__Action item__
Where the line with "let hint = few_guessed(alloc, kind, &reduced.now, most)?;" appears below, start writing out lines exactly, and finish with the line with "end.hint.phases ≤ unmatched matching.old", which is included; write out nothing else.

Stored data
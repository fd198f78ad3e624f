// A Latin square as a puzzle: its rows, and which fillings are answers.
ghost use Rattle.latin.specs.Made.{latin_of};
ghost use Rattle.latin.specs.laws.LatinLined.{latin-lined};

use crate::puzzle::Latin;
use crate::standing::is_square;
use puzzles::Puzzle;
use puzzles::filling::run;
use puzzles::givens::{all_given, given_row};
use rows::Row;

impl<'a> Puzzle for Latin<'a> {
    ghost board = { latin_of };

    ghost lined = { λ l. latin-lined l.size l.givens.now l.made };

    fn size(&self) -> u8 {
        self.size
    }

    fn places(&self) -> usize {
        let size = usize::from(self.size);
        size * size
    }

    fn vars(&self) -> u32 {
        let n = self.size as u32;
        n * n * n
    }

    fn rows(&self) -> u32 {
        let n = self.size as u32;
        3 * n * n + self.givens.len() as u32
    }

    fn row(&self, index: u32) -> Option<Row> {
        let n = self.size as u32;
        let cells = n * n;
        if index < cells {
            return run(index * n, 1, n);
        }
        if index < 2 * cells {
            let i = index - cells;
            return run(i / n * cells + i % n, n, n);
        }
        if index < 3 * cells {
            return run(index - 2 * cells, cells, n);
        }
        given_row(self.givens, self.size, index - 3 * cells)
    }

    fn is_answer(&self, answer: &[u8]) -> bool {
        let n = usize::from(self.size);
        answer.len() == n * n && is_square(n, answer) && all_given(self.givens, answer)
    }
}
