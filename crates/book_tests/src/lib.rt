// The book, tried on lists of calls.
#![tactic(auto)]

#[cfg(test)]
mod tests {
    use book::list::carry_out;
    use book::parts::{Answer, Bound, Call, Kind, Label, Refusal};
    use std::test::Fail;

    // The number of the refusal, if the call is refused: the tests hold the numbers, as a plan's author sees them.
    fn refusal(answer: Answer) -> Option<u8> {
        answer.err().map(Refusal::number)
    }

    // A call that adds a bound. The programs and tests that have one alike stand on other crates.
    fn bound(first: usize, second: usize, minutes: i32) -> Call {
        Call::AddBound(Bound {
            kind: Kind::Least,
            first,
            second,
            minutes,
        })
    }

    // Check 0 is `wet`; `pump` wants yes of it and `seal` no.
    #[test]
    fn bounds_are_taken_or_refused(rt: HostRuntime) -> Result<(), Fail> {
        let wet = Call::AddCheck(Label::default());
        let pump = Call::AddJob(Label { yes: 1, no: 0 });
        let seal = Call::AddJob(Label { yes: 0, no: 1 });
        let calls = [
            wet,
            pump,
            seal,
            bound(0, 1, 4320),
            bound(0, 1, 4321),
            bound(2, 3, 5),
        ];
        let carried = carry_out(rt.alloc(), &calls)?;
        assert_eq!(rt; carried.given.len(), 6);
        assert_eq!(rt; refusal(carried.given[3]), None);
        assert_eq!(rt; refusal(carried.given[4]), Some(7));
        assert_eq!(rt; refusal(carried.given[5]), Some(9));
        assert_eq!(rt; carried.book.bounds().len(), 1);
        Ok(())
    }

    // Check 1 is `core`, on a no of `wet`: a job on a yes of `core` wants a no of `wet` too.
    #[test]
    fn labels_are_whole_or_refused(rt: HostRuntime) -> Result<(), Fail> {
        let wet = Call::AddCheck(Label::default());
        let core = Call::AddCheck(Label { yes: 0, no: 1 });
        let part = Call::AddJob(Label { yes: 2, no: 0 });
        let whole = Call::AddJob(Label { yes: 2, no: 1 });
        let carried = carry_out(rt.alloc(), &[wet, core, part, whole])?;
        assert_eq!(rt; carried.given.len(), 4);
        assert_eq!(rt; refusal(carried.given[1]), None);
        assert_eq!(rt; refusal(carried.given[2]), Some(5));
        assert_eq!(rt; refusal(carried.given[3]), None);
        assert_eq!(rt; carried.book.jobs().len(), 4);
        Ok(())
    }
}
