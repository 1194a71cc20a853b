//! Squares that are solved on by few phases that are guessed.

ghost use Rattle.std.specs.Prelude.{◌≡◌, ◌+◌, ◌≤◌, IfOk, IfSome, length};
ghost use Rattle.asg_admit.specs.Reduced.{IsReduced};
ghost use Rattle.asg_algebra.specs.Continued.{IsTaken};
ghost use Rattle.asg_algebra.specs.Solved.{HasSolved, unmatched};
ghost use Rattle.asg_growth.specs.Growing.{IsAbsorbed};
ghost use Rattle.asg_kept_phases.specs.Led.{MaySolve};
ghost use Rattle.asg_match.specs.Matching.{IsPerfect};
ghost use Rattle.asg_model.specs.Shapes.{square_side};
ghost use Rattle.asg_pool.specs.Forest.{IsLive};
ghost use Rattle.asg_square.specs.Grid.{cell_at};
ghost use Rattle.asg_repair.specs.LeadsOn.{IsReady, LeadsOn};

use crate::NoMemory;
use crate::free_rows::free_rows;
use crate::works::Work;
use asg_admit::Reduced;
use asg_algebra::{Taken, take_given, take_over};
use asg_duals::Guess;
use asg_kept_phases::PhaseChain;
use asg_match::Matching;
use asg_model::Instance;
use asg_order::{Kind, Ordered};
use asg_pool::{Region, Trail};
use asg_roots::RootGuess;
use asg_square::Square;
use std::alloc::Global;

/// Phases and a column for each row, guessed, and what they come to on a square.
#[derive(Drop)]
pub(crate) struct GuessedEnd<V: Copy> {
    pub(crate) hint: Guess<V>,
    pub(crate) taken: Taken<V>,
}

// What was guessed, where it has at most so many phases.
fn at_most<V: Copy>(hint: Guess<V>, most: u32) -> Option<Guess<V>>
    ensures { IfSome result (λ few. length few.phases ≤ most) }
{
    if hint.phases().len() > most as usize {
        drop(hint);
        return None;
    }
    Some(hint)
}

// At most so many phases and a column for each row that may solve a square, guessed; `None` where
// none are, as for want of memory.
fn few_guessed<K: Kind>(
    alloc: Global,
    kind: &K,
    square: &Square<<K::M as Ordered>::Value>,
    most: u32,
) -> Option<Guess<<K::M as Ordered>::Value>>
where
    K::M: RootGuess,
    ensures { IfSome result (λ few. length few.phases ≤ most) }
{
    match kind.monoid().guess(alloc, kind.objective(), square) {
        Ok(Some(hint)) => at_most(hint, most),
        Ok(None) => None,
        Err(_) => None,
    }
}

// What phases and columns that were guessed come to on a square, which isn't touched. The error is
// want of memory.
fn tried<K: Kind>(
    alloc: Global,
    kind: &K,
    reduced: &Reduced<<K::M as Ordered>::Value>,
    hint: &Guess<<K::M as Ordered>::Value>,
) -> Result<Option<Taken<<K::M as Ordered>::Value>>, NoMemory>
where
    K::M: RootGuess,
    requires reduced { IsReduced (K.M.monoid_of (K.monoid kind.now)) reduced.now }
    requires few { length hint.now.phases ≤ reduced.now.now.side }
    ensures { IfOk result (λ found. IfSome found (IsTaken (K.M.monoid_of (K.monoid kind.now))
        (K.M.difference (K.monoid kind.now)) hint.now.phases reduced.entry.now)) }
{
    take_given(alloc, kind.monoid(), reduced, hint.phases(), hint.columns())
}

// Phases that are guessed, at most so many, and what they come to on a square, which isn't touched;
// `None` where they don't solve it, and for want of memory.
fn end_with<K: Kind>(
    alloc: Global,
    kind: &K,
    reduced: &Reduced<<K::M as Ordered>::Value>,
    most: u32,
) -> Option<GuessedEnd<<K::M as Ordered>::Value>>
where
    K::M: RootGuess,
    requires reduced { IsReduced (K.M.monoid_of (K.monoid kind.now)) reduced.now }
    requires most { most ≤ reduced.now.now.side }
    ensures few { IfSome result (λ end. length end.hint.phases ≤ most) }
    ensures taken { IfSome result (λ end. IsTaken (K.M.monoid_of (K.monoid kind.now))
        (K.M.difference (K.monoid kind.now)) end.hint.phases reduced.entry.now end.taken) }
{
    let hint = few_guessed(alloc, kind, &reduced.now, most)?;
    match tried(alloc, kind, reduced, &hint) {
        Ok(Some(taken)) => Some(GuessedEnd { hint, taken }),
        Ok(None) => None,
        Err(_) => None,
    }
}

// Puts what guessed phases came to in the place of the square and its matching, and pushes the
// phases on a trail; the last trail.
fn taken_over<K: Kind>(
    kind: &K,
    reduced: &mut Reduced<<K::M as Ordered>::Value>,
    matching: &mut Matching,
    region: &mut Region<<K::M as Ordered>::Value>,
    trail: Option<Trail>,
    end: GuessedEnd<<K::M as Ordered>::Value>,
) -> Option<Trail>
    requires taken { IsTaken (K.M.monoid_of (K.monoid kind.now))
        (K.M.difference (K.monoid kind.now)) end.hint.phases reduced.old end.taken }
    requires matching_side { length matching.old ≡ reduced.old.now.side }
    requires few { length end.hint.phases ≤ unmatched matching.old }
    requires spare { length end.hint.phases ≤ region.old.spare }
    requires region_side { region.old.side ≡ reduced.old.now.side }
    requires live { IfSome trail (IsLive region.old) }
    ensures solved { HasSolved (K.M.monoid_of (K.monoid kind.now))
        (K.M.difference (K.monoid kind.now)) reduced.old reduced.new matching.old matching.new
        region.old region.new trail result }
    ensures perfect { IsPerfect (IsAbsorbed (K.M.monoid_of (K.monoid kind.now)) reduced.new.index
        (cell_at reduced.new.now)) reduced.new.now.side matching.new }
    ensures spare { region.new.spare + length end.hint.phases ≡ region.old.spare }
{
    let GuessedEnd { hint, taken } = end;
    take_over(
        kind.monoid(),
        reduced,
        matching,
        region,
        trail,
        hint.phases(),
        taken,
    )
}

// The same for the phases of an instance. So many records more than the square has rows are spare.
fn take_end<K: Kind>(
    kind: &K,
    inst: &Instance,
    work: &mut Work<<K::M as Ordered>::Value>,
    phases: &mut PhaseChain<<K::M as Ordered>::Value>,
    end: GuessedEnd<<K::M as Ordered>::Value>,
)
    requires ready { IsReady (K.M.monoid_of (K.monoid kind.now))
        (K.M.difference (K.monoid kind.now)) (K.entered kind.now) inst.now work.old phases.old }
    requires taken { IsTaken (K.M.monoid_of (K.monoid kind.now))
        (K.M.difference (K.monoid kind.now)) end.hint.phases work.old.reduced end.taken }
    requires few { length end.hint.phases ≤ unmatched work.old.matching }
    requires spare { square_side inst.now + length end.hint.phases ≤ phases.old.region.spare }
    ensures { LeadsOn (K.M.monoid_of (K.monoid kind.now)) (K.M.difference (K.monoid kind.now))
        (K.entered kind.now) inst.now work.old work.new phases.old phases.new }
{
    let _spare = phases.region.spare();
    let trail = phases.last;
    let last = taken_over(
        kind,
        &mut work.reduced,
        &mut work.matching,
        &mut phases.region,
        trail,
        end,
    );
    phases.last = last;
    phases.is_told = false;
}

// The same, where there is memory for the records.
fn take_with_room<K: Kind>(
    kind: &K,
    inst: &Instance,
    work: &mut Work<<K::M as Ordered>::Value>,
    phases: &mut PhaseChain<<K::M as Ordered>::Value>,
    end: GuessedEnd<<K::M as Ordered>::Value>,
)
    requires may_solve { MaySolve (K.M.monoid_of (K.monoid kind.now)) (K.entered kind.now)
        (K.objective kind.now) (K.reach kind.now) inst.now }
    requires ready { IsReady (K.M.monoid_of (K.monoid kind.now))
        (K.M.difference (K.monoid kind.now)) (K.entered kind.now) inst.now work.old phases.old }
    requires taken { IsTaken (K.M.monoid_of (K.monoid kind.now))
        (K.M.difference (K.monoid kind.now)) end.hint.phases work.old.reduced end.taken }
    requires few { length end.hint.phases ≤ unmatched work.old.matching }
    ensures { LeadsOn (K.M.monoid_of (K.monoid kind.now)) (K.M.difference (K.monoid kind.now))
        (K.entered kind.now) inst.now work.old work.new phases.old phases.new }
{
    let side = inst.side();
    let count = end.hint.phases().len() as u32;
    match phases.prepare(side + count) {
        Ok(()) => take_end(kind, inst, work, phases, end),
        Err(_) => drop(end),
    }
}

/// Solves on from the phases by few more that are guessed, where two rows or more have no column,
/// and the phases are at most as many as these and solve the square. Else, and for want of memory,
/// the square, the matching and the phases stay. The time grows with the cube of the side at most.
pub(crate) fn guess_on<K: Kind>(
    alloc: Global,
    kind: &K,
    inst: &Instance,
    work: &mut Work<<K::M as Ordered>::Value>,
    phases: &mut PhaseChain<<K::M as Ordered>::Value>,
)
where
    K::M: RootGuess,
    requires may_solve { MaySolve (K.M.monoid_of (K.monoid kind.now)) (K.entered kind.now)
        (K.objective kind.now) (K.reach kind.now) inst.now }
    requires ready { IsReady (K.M.monoid_of (K.monoid kind.now))
        (K.M.difference (K.monoid kind.now)) (K.entered kind.now) inst.now work.old phases.old }
    ensures { LeadsOn (K.M.monoid_of (K.monoid kind.now)) (K.M.difference (K.monoid kind.now))
        (K.entered kind.now) inst.now work.old work.new phases.old phases.new }
{
    let most = free_rows(&work.matching);
    if most < 2 {
        return;
    }
    match end_with(alloc, kind, &work.reduced, most) {
        Some(end) => take_with_room(kind, inst, work, phases, end),
        None => {}
    }
}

__Solution to this problem__
    let hint = few_guessed(alloc, kind, &reduced.now, most)?;
    match tried(alloc, kind, reduced, &hint) {
        Ok(Some(taken)) => Some(GuessedEnd { hint, taken }),
        Ok(None) => None,
        Err(_) => None,
    }
}

// Puts what guessed phases came to in the place of the square and its matching, and pushes the
// phases on a trail; the last trail.
fn taken_over<K: Kind>(
    kind: &K,
    reduced: &mut Reduced<<K::M as Ordered>::Value>,
    matching: &mut Matching,
    region: &mut Region<<K::M as Ordered>::Value>,
    trail: Option<Trail>,
    end: GuessedEnd<<K::M as Ordered>::Value>,
) -> Option<Trail>
    requires taken { IsTaken (K.M.monoid_of (K.monoid kind.now))
        (K.M.difference (K.monoid kind.now)) end.hint.phases reduced.old end.taken }
    requires matching_side { length matching.old ≡ reduced.old.now.side }
    requires few { length end.hint.phases ≤ unmatched matching.old }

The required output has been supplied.